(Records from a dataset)
::::

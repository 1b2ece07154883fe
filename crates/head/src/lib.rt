// The head of the shape: word 0, the eight sizes and the length of the whole. It asks nothing of the words.
#![tactic(auto)]

ghost use Rattle.std.specs.Prelude.{◌≡◌, ◌<◌, eqb};
ghost use Rattle.numbers.specs.Verdicts.{verdict_of};
ghost use Rattle.pack.specs.Image.{word, head_words, size_words};
ghost use Rattle.order.specs.Shape.{each, size_rule, head_rules};

use numbers::WrongWord;
use order::rule;
use pack::image;

#[tactic(auto, unfolding(order::specs::Shape::size_rule))]
fn size_rule(img: &[u16], i: usize) -> Result<(), WrongWord>
    requires { i < head_words }
    ensures { verdict_of result ≡ size_rule img.now i }
{
    rule(rules::size_right(img, i), i)
}

#[tactic(auto, using(order::proofs::Laws::each_wrong, order::proofs::Laws::each_right, order::proofs::Laws::each_over))]
pub fn sizes(img: &[u16]) -> Result<(), WrongWord>
    ensures { verdict_of result ≡ each (size_rule img.now) size_words 1 }
{
    for i in 1..image::HEAD_WORDS {
        size_rule(img, i)?;
    }
    Ok(())
}

// Whether word 0 is there and is 1.
#[tactic(auto, using(order::proofs::Laws::no_word))]
fn first_right(img: &[u16]) -> bool
    ensures { result ≡ eqb (word img.now 0) 1 }
{
    0 < img.len() && image::word_at(img, 0) == 1
}

// Word 0, the sizes and the total length.
#[tactic(auto, using(order::proofs::Laws::then_wrong, order::proofs::Laws::then_good, order::proofs::Laws::length_short, order::proofs::Laws::length_long, order::proofs::Laws::length_right), unfolding(order::specs::Shape::head_rules))]
pub fn head(img: &[u16]) -> Result<(), WrongWord>
    ensures { verdict_of result ≡ head_rules img.now }
{
    rule(first_right(img), 0)?;
    sizes(img)?;
    let needed = image::needed(img);
    if img.len() < needed {
        return Err(WrongWord(img.len()));
    }
    if needed < img.len() {
        return Err(WrongWord(needed));
    }
    Ok(())
}
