// ML-DSA.Sign over any hashes, one code for the three sets: attempts until one is good.
#![tactic(auto)]

ghost use Rattle.std.specs.Prelude.{◌≡◌, ◌≤◌, if◌then◌else◌, nat_eq, length};
ghost use Rattle.standards.specs.MlDsa.{sk_length, sig_length, sign, attempts};
ghost use Rattle.standards.specs.Calls.{after};
ghost use Rattle.sets.specs.Sets.{dsa_numbers, verdict_of};
ghost use Rattle.mldsa_signing.specs.KnownRows.{MatrixRows};

mod attempt;
mod key;

use attempt::attempt;
use hash::Hash;
use key::OpenedKey;
use mldsa_challenge::message_representative;
use mldsa_expand::expand_a;
use sets::types::{DsaSet, Refusal};

// How many attempts there are at most: the standard sets no bound. The counter, l more for each, stays below 2^13.
const ATTEMPTS: u16 = 1024;

// Attempts until one is good. If none is, nothing is written.
fn attempts<H: Hash>(
    key: &OpenedKey,
    a: &[[u32; 256]],
    mu: &[u8; 64],
    seed: &[u8; 64],
    sig: &mut [u8],
) -> Result<(), Refusal>
    requires matrix { MatrixRows H.Hash.hashes (dsa_numbers key.now.set) key.now.bytes.now a.now }
    requires long { length sig.old ≡ sig_length (dsa_numbers key.now.set) }
    ensures verdict { let bytes = attempts 1024 H.Hash.hashes (dsa_numbers key.now.set) key.now.bytes.now mu.now seed.now 0 in
        verdict_of result ≡ (if nat_eq (length bytes) 0 then 6 else 0) }
    ensures bytes { let bytes = attempts 1024 H.Hash.hashes (dsa_numbers key.now.set) key.now.bytes.now mu.now seed.now 0 in
        sig.new ≡ after (verdict_of result) bytes sig.old }
{
    let l = key.set.l as u16;
    for n in 0..ATTEMPTS {
        if attempt::<H>(key, a, mu, seed, n * l, sig) {
            return Ok(());
        }
    }
    Err(Refusal::Attempts)
}

// Signs a message with its context, by a secret key and the coin rnd, which is noughts for deterministic signing. Where no attempt is good, which
// does not happen in practice, nothing is written.
// The matrix and the secret rows are made once, into rooms for the largest set, since memory is fixed. Whether all draws of the matrix were full
// isn't asked: the empty places of one that fell short are noughts here and in the text.
pub fn sign<H: Hash>(
    p: DsaSet,
    sk: &[u8],
    ctx: &[u8],
    message: &[u8],
    rnd: &[u8; 32],
    sig: &mut [u8],
) -> Result<(), Refusal>
    requires key { length sk.now ≡ sk_length (dsa_numbers p) }
    requires context { length ctx.now ≤ 255 }
    requires long { length sig.old ≡ sig_length (dsa_numbers p) }
    ensures verdict { verdict_of result ≡ (if nat_eq (length (sign H.Hash.hashes (dsa_numbers p) sk.now ctx.now message.now rnd.now)) 0 then 6 else 0) }
    ensures bytes { sig.new ≡ after (verdict_of result) (sign H.Hash.hashes (dsa_numbers p) sk.now ctx.now message.now rnd.now) sig.old }
{
    let mut s1_room = [[0u32; 256]; 7];
    let mut s2_room = [[0u32; 256]; 8];
    let mut t0_room = [[0u32; 256]; 8];
    let s1 = &mut s1_room[0..p.l];
    let s2 = &mut s2_room[0..p.k];
    let t0 = &mut t0_room[0..p.k];
    let key = OpenedKey::open(p, sk, s1, s2, t0);
    let mut a_room = [[0u32; 256]; 56];
    let a = &mut a_room[0..p.k * p.l];
    expand_a::<H>(p, key.rho(), a);
    let mu = message_representative::<H>(key.tr(), ctx, message);
    let seed = key.private_seed::<H>(rnd, &mu);
    attempts::<H>(&key, a, &mu, &seed, sig)
}
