// One attempt at a signature, in the steps of the standard. The commitment: the masks y, w = A y and the hash of w's high bits. The response to its
// challenge c: z = y + c s1, w - c s2, c t0 and the hint, each with the test that it has to pass.
// Loops over masks and secret rows go by row, and each test looks at every number, whatever the ones before it were. An attempt ends at the first test
// that fails: the standard rejects there, and nothing of the attempt goes out.
// Bounds of a row's numbers stand in clauses: rows are plain, since one that is lent to be filled may hold anything before. Rooms are for the largest
// set, and what is lent of them is as long as the set asks: memory is fixed.
ghost use Rattle.std.specs.Prelude.{◌≡◌, ◌+◌, ◌/◌, ◌<◌, ◌≤◌, if◌then◌else◌, length};
ghost use Rattle.standards.specs.MlDsaParts.{hint_count};
ghost use Rattle.standards.specs.MlDsa.{sig_length, attempt, or_else};
ghost use Rattle.algebra.specs.RowArrays.{RowsBelow};
ghost use Rattle.mldsa_laws.specs.Steps.{w_step, c_step, z_step, v_step, ct_step, hint_step, z_short, v_short, ct_short, few_hints, sig_encode};
ghost use Rattle.sets.specs.Sets.{dsa_numbers};
ghost use Rattle.mldsa_signing.specs.KnownRows.{MatrixRows};
ghost use Rattle.mldsa_signing.specs.Responses.{response_good, response_bytes};

use crate::key::OpenedKey;
use hash::Hash;
use mldsa_challenge::{challenge, commitment_hash};
use mldsa_expand::expand_masks;
use mldsa_hints::{hint_bit_pack, hint_count};
use mldsa_parts::gamma2::Gamma2;
use mldsa_parts::interval::Interval;
use mldsa_parts::norms::norms_below;
use mldsa_vectors::encodings::bit_pack_rows;
use mldsa_vectors::products::{add_products, matrix_product, ntt_rows, products, sub_products};
use mldsa_vectors::rounding::{high_bits_rows, low_bits_rows, make_hint_rows};
use ring::poly::Poly;
use sets::types::DsaSet;

// w = A y. The masks are needed again, so a copy of them is transformed.
fn commit<H: Hash>(key: &OpenedKey, a: &[[u32; 256]], y: &[[u32; 256]], w: &mut [[u32; 256]])
    requires matrix { MatrixRows H.Hash.hashes (dsa_numbers key.now.set) key.now.bytes.now a.now }
    requires rows { (length y.now ≡ key.now.set.l) × (length w.old ≡ key.now.set.k) }
    requires masks { RowsBelow 8380417 key.now.set.l y.now }
    ensures value { w.new ≡ w_step H.Hash.hashes (dsa_numbers key.now.set) key.now.bytes.now y.now }
    ensures below { RowsBelow 8380417 (length w.old) w.new }
{
    let mut room = [[0u32; 256]; 7];
    let y_hat = &mut room[0..y.len()];
    y_hat.copy_from_slice(y);
    ntt_rows(y_hat);
    matrix_product(a, y_hat, w);
}

// The commitment hash, of the high bits of a copy of w.
#[tactic(auto, unfolding(mldsa_laws::specs::Steps::c_step))]
fn hash_commitment<H: Hash>(p: DsaSet, mu: &[u8; 64], w: &[[u32; 256]], c_tilde: &mut [u8])
    requires rows { length w.now ≡ p.k }
    requires below { RowsBelow 8380417 p.k w.now }
    requires long { length c_tilde.old ≡ p.lambda / 4 }
    ensures { c_tilde.new ≡ c_step H.Hash.hashes (dsa_numbers p) mu.now w.now }
{
    let mut room = [[0u32; 256]; 8];
    let w1 = &mut room[0..w.len()];
    w1.copy_from_slice(w);
    high_bits_rows(Gamma2::from(p), w1);
    commitment_hash::<H>(p, mu, w1, c_tilde);
}

// y becomes z = y + c s1: whether its norm is below gamma1 - beta.
#[tactic(auto, unfolding(mldsa_laws::specs::Steps::z_short))]
fn add_cs1(key: &OpenedKey, c_hat: &Poly<u32>, y: &mut [[u32; 256]]) -> bool
    requires rows { length y.old ≡ key.now.set.l }
    requires masks { RowsBelow 8380417 key.now.set.l y.old }
    ensures value { y.new ≡ z_step (dsa_numbers key.now.set) key.now.bytes.now y.old c_hat.now.c }
    ensures below { RowsBelow 8380417 (length y.old) y.new }
    ensures short { result ≡ z_short (dsa_numbers key.now.set) y.new }
{
    add_products(y, c_hat, key.s1);
    norms_below(y, key.set.z_bound())
}

// Whether the norm of the low bits of v is below gamma2 - beta. v is needed again, so a copy is rounded.
#[tactic(auto, unfolding(mldsa_laws::specs::Steps::v_short))]
fn low_bits_short(p: DsaSet, v: &[[u32; 256]]) -> bool
    requires rows { length v.now ≡ p.k }
    requires below { RowsBelow 8380417 p.k v.now }
    ensures { result ≡ v_short (dsa_numbers p) v.now }
{
    let mut room = [[0u32; 256]; 8];
    let r0 = &mut room[0..v.len()];
    r0.copy_from_slice(v);
    low_bits_rows(Gamma2::from(p), r0);
    norms_below(r0, p.low_bound())
}

// w becomes w - c s2: whether its low bits are short.
fn sub_cs2(key: &OpenedKey, c_hat: &Poly<u32>, w: &mut [[u32; 256]]) -> bool
    requires rows { length w.old ≡ key.now.set.k }
    requires commitment { RowsBelow 8380417 key.now.set.k w.old }
    ensures value { w.new ≡ v_step (dsa_numbers key.now.set) key.now.bytes.now w.old c_hat.now.c }
    ensures below { RowsBelow 8380417 (length w.old) w.new }
    ensures short { result ≡ v_short (dsa_numbers key.now.set) w.new }
{
    sub_products(w, c_hat, key.s2);
    low_bits_short(key.set, w)
}

// c t0: whether its norm is below gamma2.
#[tactic(auto, unfolding(mldsa_laws::specs::Steps::ct_short))]
fn multiply_t0(key: &OpenedKey, c_hat: &Poly<u32>, ct0: &mut [[u32; 256]]) -> bool
    requires { length ct0.old ≡ key.now.set.k }
    ensures value { ct0.new ≡ ct_step (dsa_numbers key.now.set) key.now.bytes.now c_hat.now.c }
    ensures below { RowsBelow 8380417 (length ct0.old) ct0.new }
    ensures short { result ≡ ct_short (dsa_numbers key.now.set) ct0.new }
{
    products(c_hat, key.t0, ct0);
    norms_below(ct0, key.set.gamma2)
}

// The hint, of w - c s2 and c t0: whether it has at most omega ones.
#[tactic(auto, unfolding(mldsa_laws::specs::Steps::hint_step, mldsa_laws::specs::Steps::few_hints))]
fn make_hint(p: DsaSet, v: &[[u32; 256]], ct0: &[[u32; 256]], hs: &mut [[u8; 256]]) -> bool
    requires rows { (length v.now ≡ p.k) × (length ct0.now ≡ p.k) × (length hs.old ≡ p.k) }
    requires left { RowsBelow 8380417 p.k v.now }
    requires right { RowsBelow 8380417 p.k ct0.now }
    ensures value { hs.new ≡ hint_step (dsa_numbers p) v.now ct0.now }
    ensures few { result ≡ few_hints (dsa_numbers p) hs.new }
{
    make_hint_rows(Gamma2::from(p), v, ct0, hs);
    hint_count(hs) <= p.omega
}

// sigEncode.
fn sig_encode(p: DsaSet, c_tilde: &[u8], z: &[[u32; 256]], hs: &[[u8; 256]], sig: &mut [u8])
    requires hash { length c_tilde.now ≡ p.lambda / 4 }
    requires rows { (length z.now ≡ p.l) × (length hs.now ≡ p.k) }
    requires below { RowsBelow 8380417 p.l z.now }
    requires few { hint_count hs.now ≤ p.omega }
    requires long { length sig.old ≡ sig_length (dsa_numbers p) }
    ensures { sig.new ≡ sig_encode (dsa_numbers p) c_tilde.now z.now hs.now }
{
    let interval = Interval::of_z(p);
    let z_at = c_tilde.len();
    let hint_at = z_at + 32 * interval.width.bits * z.len();
    sig[0..z_at].copy_from_slice(c_tilde);
    bit_pack_rows(interval, z, &mut sig[z_at..hint_at]);
    hint_bit_pack(p, hs, &mut sig[hint_at..hint_at + p.omega + p.k]);
}

// The response to a challenge: whether it passes the four tests. Only then is the signature written. y becomes z, and w what is left of it.
#[tactic(auto, using(crate::proofs::Responses::few_is), unfolding(crate::specs::Responses::response_good, crate::specs::Responses::response_bytes))]
fn respond(
    key: &OpenedKey,
    c_tilde: &[u8],
    c_hat: &Poly<u32>,
    y: &mut [[u32; 256]],
    w: &mut [[u32; 256]],
    sig: &mut [u8],
) -> bool
    requires hash { length c_tilde.now ≡ key.now.set.lambda / 4 }
    requires rows { (length y.old ≡ key.now.set.l) × (length w.old ≡ key.now.set.k) }
    requires masks { RowsBelow 8380417 key.now.set.l y.old }
    requires commitment { RowsBelow 8380417 key.now.set.k w.old }
    requires long { length sig.old ≡ sig_length (dsa_numbers key.now.set) }
    ensures good { result ≡ response_good (dsa_numbers key.now.set) key.now.bytes.now y.old w.old c_hat.now.c }
    ensures bytes { let bytes = response_bytes (dsa_numbers key.now.set) key.now.bytes.now y.old w.old c_tilde.now c_hat.now.c in
        sig.new ≡ (if result then bytes else sig.old) }
{
    if !add_cs1(key, c_hat, y) {
        return false;
    }
    if !sub_cs2(key, c_hat, w) {
        return false;
    }
    let mut ct0_room = [[0u32; 256]; 8];
    let ct0 = &mut ct0_room[0..key.set.k];
    if !multiply_t0(key, c_hat, ct0) {
        return false;
    }
    let mut hs_room = [[0u8; 256]; 8];
    let hs = &mut hs_room[0..key.set.k];
    if !make_hint(key.set, w, ct0, hs) {
        return false;
    }
    sig_encode(key.set, c_tilde, y, hs, sig);
    true
}

// An attempt with the masks number kappa and on, of the key whose matrix is a: whether it is good. It writes the signature if it is, and nothing else.
pub fn attempt<H: Hash>(
    key: &OpenedKey,
    a: &[[u32; 256]],
    mu: &[u8; 64],
    seed: &[u8; 64],
    kappa: u16,
    sig: &mut [u8],
) -> bool
    requires matrix { MatrixRows H.Hash.hashes (dsa_numbers key.now.set) key.now.bytes.now a.now }
    requires few { kappa + key.now.set.l < 65536 }
    requires long { length sig.old ≡ sig_length (dsa_numbers key.now.set) }
    ensures good { let t = attempt H.Hash.hashes (dsa_numbers key.now.set) key.now.bytes.now mu.now seed.now kappa in
        result ≡ t.good }
    ensures bytes { let t = attempt H.Hash.hashes (dsa_numbers key.now.set) key.now.bytes.now mu.now seed.now kappa in
        sig.new ≡ or_else t sig.old }
{
    let p = key.set;
    let mut y_room = [[0u32; 256]; 7];
    let y = &mut y_room[0..p.l];
    expand_masks::<H>(p, seed, kappa, y);
    let mut w_room = [[0u32; 256]; 8];
    let w = &mut w_room[0..p.k];
    commit::<H>(key, a, y, w);
    let mut c_room = [0u8; 64];
    let c_tilde = &mut c_room[0..p.c_length()];
    hash_commitment::<H>(p, mu, w, c_tilde);
    let c_hat = challenge::<H>(p, c_tilde);
    respond(key, c_tilde, &c_hat, y, w, sig)
}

::::

**PROBLEM REQUIREMENTS**
Say how many lines in the data include the string "types", giving the number alone.

**OUTPUT FOR THIS EXERCISE**
2